Prompt ▸ Go through the listing below, count the lines that contain "HandsOut", and state the number alone.

Provided records ▸
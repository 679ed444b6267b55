//! The slots of tokens: a tag is a key of a slab.
ghost use Rattle.std.specs.Prelude.{◌≡◌, ◌<◌, ◌≤◌, ◌^◌, true, false, None, IfNone, IfSome, IsOk, OnOk};
ghost use Rattle.slab.specs.Slab.{get, HasRoomFor};
ghost use Rattle.geo_laws_owed.specs.OwedLaws.{is_close};
ghost use Rattle.geo_tags.specs.Tokens.{changed_to, taken_by, HandsOut, IsExpected};

use crate::due::Due;
use geo_base::{BioId, NoMemory};
use geo_model::{Command, Outcome, Step};
use slab::Slab;

/// The tag of the next request, if it fits the number of a line.
pub fn next_tag(tokens: &Slab<u64>) -> Option<u32>
    ensures fits { IfSome result (λ tag. tag ≡ tokens.now.vacant_key) }
    ensures none { IfNone result (2 ^ 32 ≤ tokens.now.vacant_key) }
    ensures free { get tokens.now tokens.now.vacant_key ≡ None }
{
    let tag = tokens.vacant_key();
    if tag <= u32::MAX as usize {
        Some(tag as u32)
    } else {
        None
    }
}

/// Makes room for the token of a command, of which a close has none.
pub fn make_room(tokens: &mut Slab<u64>, command: &Command) -> Result<(), NoMemory>
    ensures kept { tokens.new ≡ record tokens.old { capacity = tokens.new.capacity } }
    ensures room { OnOk result (is_close command.now ≡ false → HasRoomFor tokens.new 1) }
    ensures sure { is_close command.now ≡ true → IsOk result }
{
    if let Command::Close(_) = command {
        return Ok(());
    }
    tokens.reserve(1)?;
    Ok(())
}

/// The disk and the bio of a Take.
pub fn taken_by(step: &Step) -> Option<(u32, BioId)>
    ensures { result ≡ taken_by step.now }
{
    match step {
        Step::Take { disk, bio } => Some((*disk, *bio)),
        _ => None,
    }
}

/// The generation after a step, if it is another one than before.
pub fn changed_to(before: u64, after: u64) -> Option<u64>
    ensures changed { result ≡ changed_to before after }
    ensures fits { before < 2 ^ 64 }
{
    if before == after { None } else { Some(after) }
}

/// What is due by the outcome of a step, and by the generation if it is another one. A reply takes the token of its
/// tag.
pub fn hand_out(
    tokens: &mut Slab<u64>,
    taken: Option<(u32, BioId)>,
    outcome: Outcome,
    changed: Option<u64>,
) -> Due
    requires { IsExpected tokens.old taken outcome }
    ensures { HandsOut result taken outcome changed tokens.old tokens.new }
{
    match outcome {
        Outcome::Asked(request) => match taken {
            Some((disk, bio)) => Due::Ask { disk, bio, request },
            None => unreachable!(),
        },
        Outcome::Replied { line, reply } => Due::Reply {
            token: tokens.remove(line as usize),
            reply,
        },
        other => {
            drop(other);
            match changed {
                Some(generation) => Due::Changed { generation },
                None => Due::Moved,
            }
        }
    }
}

Final answer ▸ 2